Tipos de linchamento

O sociólogo tem notícia de linchamentos desde o século 16, antes dessa palavra existir – ela só será criada no século 18, nos Estados Unidos, e seu uso se difundirá nos jornais brasileiros no final do século 19. A partir da experiência americana, se identificam dois tipos de linchamento: mob lynching e vigilantism. O primeiro é a reunião “súbita e espontânea” para “justiçar uma pessoa que pode ou não ser culpada do delito que lhe atribuem”. O segundo, como o nome sugere, implica na formação de grupos dedicados à vigilância, com o objetivo de “desencadear uma pedagogia da violência”, uma “pedagogia da ordem”.

Conforme Martins, o vigilantismo é raro no Brasil e secundário em relação ao mob lynching. Temos algo de novo ocorrendo, então, quando se noticia “Grupo de ‘justiceiros’ já teria 600 integrantes“ (O Dia, 12/2). É preciso, primeiro, entender quais as dinâmicas distintas que ocorrem nesse tipo de caso e, segundo, avaliar como o vigilantismo pode inspirar o mob lynching.

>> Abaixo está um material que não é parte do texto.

//! Tables of a Vector Product Format library: the header and the rows of a file, read where they lie.
#![tactic(auto)]

mod counted;
mod counting;
mod fixed_rows;
mod indexing;
mod iteration;
pub mod laws;
mod limit;
mod placed_header;
mod places_of_rows;
mod row;
mod table_file;
mod view;
mod walking;

pub use counted::Counted;
pub use fixed_rows::FixedRows;
pub use iteration::Rows;
pub use limit::{Bound, Limit};
pub use row::{Cells, RowView, RowWalk};
pub use table_file::TableFile;
pub use view::TableView;
pub use vpf_findings as findings;
pub use vpf_findings::{ColumnAt, FindError, Finding, OwnFinding, Seen, SeenWord, TableName};
pub use vpf_head as head;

Ambos os tipos tem uma inspiração “conservadora e voltada para a preservação da ordem que se acreditava ameaçada”. Os mob lynching do Sul dos EUA tinham a função de “compensar” o desnível sentido por uma classe oligárquica submetida pelo Norte do país, abalada pelos ideais políticos que lhe eram impostos, como os direitos adquiridos pelos negros. Os vigilantes do Oeste procuravam estabelecer, sob uma aura de medo, uma moral puritana. No Brasil, a situação era diferente.

Mudanças de caráter

Se, nos EUA, os linchadores “pretendiam alcançar mais do que a própria vítima”, isto é, visavam a uma moral, no Brasil “o objetivo não é o de prevenir o crime por meio da aterrorização”, mas de punir “com redobrada crueldade” o criminoso em si (em que criminoso só pode ser entendido entre aspas, dadas as condições em que se julgam as culpas). “Aqui, o linchamento é claramente vingativo.” Novamente, o que vemos hoje é a mudança de caráter nos casos brasileiros.

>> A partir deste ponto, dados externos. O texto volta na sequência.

//! An index against the rows that it must stand for.

ghost use Rattle.std.specs.Prelude.{◌≡◌, ◌≤◌, ◌-◌, ◌==◌, ◌&&◌, IfSome};
ghost use Rattle.std.specs.Option.{option_copied};
ghost use Rattle.vpf_base.specs.Bytes.{IsBytes};

use crate::table_file::TableFile;
use crate::walking::next_row;
use vpf_triplet::{Code, Place};
use vpf_varindex::IndexView;

/// What a slice of bytes holds are bytes.
pub fn bytes_are_bytes(bytes: &[u8])
    ensures { IsBytes bytes.now }
{}

/// What a given index holds are bytes.
pub fn index_has_bytes(index: Option<&[u8]>)
    ensures { IfSome (option_copied index.entry) IsBytes }
{
    if let Some(bytes) = index {
        bytes_are_bytes(bytes);
    }
}

/// Whether the entry is the offset and the length of the bytes from `at` to `past`.
fn is_span(entry: (u32, u32), at: usize, past: usize) -> bool
    requires { at ≤ past }
    ensures { result ≡ (entry.0 == at && entry.1 == past - at) }
{
    let (offset, length) = entry;
    offset as usize == at && length as usize == past - at
}

impl<'a> TableFile<'a> {
    ghost use Rattle.std.specs.Prelude.{◌≡◌, IfOk, IsOk, Ok, Some, length};
    ghost use Rattle.vpf_triplet.specs.Places.{Gives};
    ghost use Rattle.vpf_table.specs.Opening.{first_other, opened_of, own_entries, row_spans, unless_other};

    /// Whether each entry of an index is the offset and the length of its row.
    fn check_entries(&self, index: &IndexView<'_>) -> Result<(), Place>
        requires { length index.now ≡ length self.now.grid.rows }
        ensures { result ≡ unless_other tt (first_other 0 index.now (row_spans self.now.bytes self.now.grid)) }
    {
        let _end = self.bytes.len();
        let mut at = self.start;
        for k in 0..index.len() {
            let past = next_row(self.header.as_ref(), self.bytes, at, self.width);
            if !is_span(index.entry(k + 1), at, past) {
                return Err(Place::in_index(8 + 8 * k as usize, Code::IndexRow));
            }
            at = past;
        }
        Ok(())
    }

    /// The entries of an index of these rows: as many as there are rows, each its row's offset and length. Else its first
    /// fault.
    pub(crate) fn own_entries<'i>(&self, index: &'i [u8]) -> Result<IndexView<'i>, Place>
        ensures own { IfOk result (λ entries. entries ≡ row_spans self.now.bytes self.now.grid) }
        ensures exact { Gives (λ entries. Some entries) result (own_entries self.now.grid.head.order (row_spans self.now.bytes self.now.grid)
            (Some index.now)) }
    {
        let entries = match IndexView::open(index, self.header().order()) {
            Ok(entries) => entries,
            Err(place) => return Err(place),
        };
        if entries.len() != self.len() {
            return Err(Place::in_index(0, Code::IndexCount));
        }
        match self.check_entries(&entries) {
            Ok(()) => Ok(entries),
            Err(place) => Err(place),
        }
    }

    /// The entries of an index that is known to be these rows' own.
    pub(crate) fn known_index<'i>(&self, index: &'i [u8]) -> IndexView<'i>
        requires { IsOk (opened_of self.now.bytes (Some index.now)) }
        ensures own { result ≡ row_spans self.now.bytes self.now.grid }
        ensures exact { opened_of self.now.bytes (Some index.now) ≡ Ok self.now.grid }
    {
        // What is true of each table in its file.
        let _start = self.start;
        match IndexView::open(index, self.header().order()) {
            Ok(entries) => entries,
            Err(_) => unreachable!(),
        }
    }
}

Diz Martins: “No nosso caso, não há, ainda, um quadro de referência que permita situar e explicar imediatamente os linchamentos do período recente.” É de 1995 a frase. Atualmente, encontramos em “Hobbes nas Ruas“, de Luiz Felipe Pondé, e “Ordem ou Barbárie“, de Rachel Sheherazade, esboços de quadro de referência.

Por outro lado, também tivemos um abalo na estrutura das classes econômicas. A década que vai de 2001 a 2011 assistiu à ascensão de 40 milhões de brasileiros, que formam a chamada nova classe média. Esse deslocamento está na causa dos rolezinhos, conforme afirma Eliane Brum: “Os shoppings foram construídos para mantê-los do lado de fora e, de repente, eles ousaram superar a margem e entrar. E reivindicando algo transgressor para jovens negros e pobres, no imaginário nacional: divertir-se fora dos limites do gueto. E desejar objetos de consumo.”

Saque, quebra-quebra e linchamento

Outra distinção interessante discutida por Martins nos dois artigos é a que existe entre movimentos sociais – forma privilegiada pela sociologia como modelo para a organização e ação social – e o comportamento coletivo, que abrange modos de protesto distanciados da razão: os saques, os quebra-quebras, os linchamentos. Tendo em vista a história política nacional desde junho de 2013, ampliar a nossa visão a respeito dos limites e contatos entre essas duas formas pode ser útil.

Essas modalidades de comportamento coletivo, diz o pesquisador, são em suma “irracionais e emocionais”, com uma orientação “egoísta e anti-social, ainda que praticada em nome de valores sociais relativos à (…) preservação do interesse de todos, como, aliás, ocorre nos linchamentos”. Ele também afirma que: “uma certa tolerância romântica implícita em relação a formas de delinquência dos pobres contra o ricos ou do povo contra o Estado, que parecem sugerir o germe da insurgência revolucionária, marcou de algum modo muitas interpretações”.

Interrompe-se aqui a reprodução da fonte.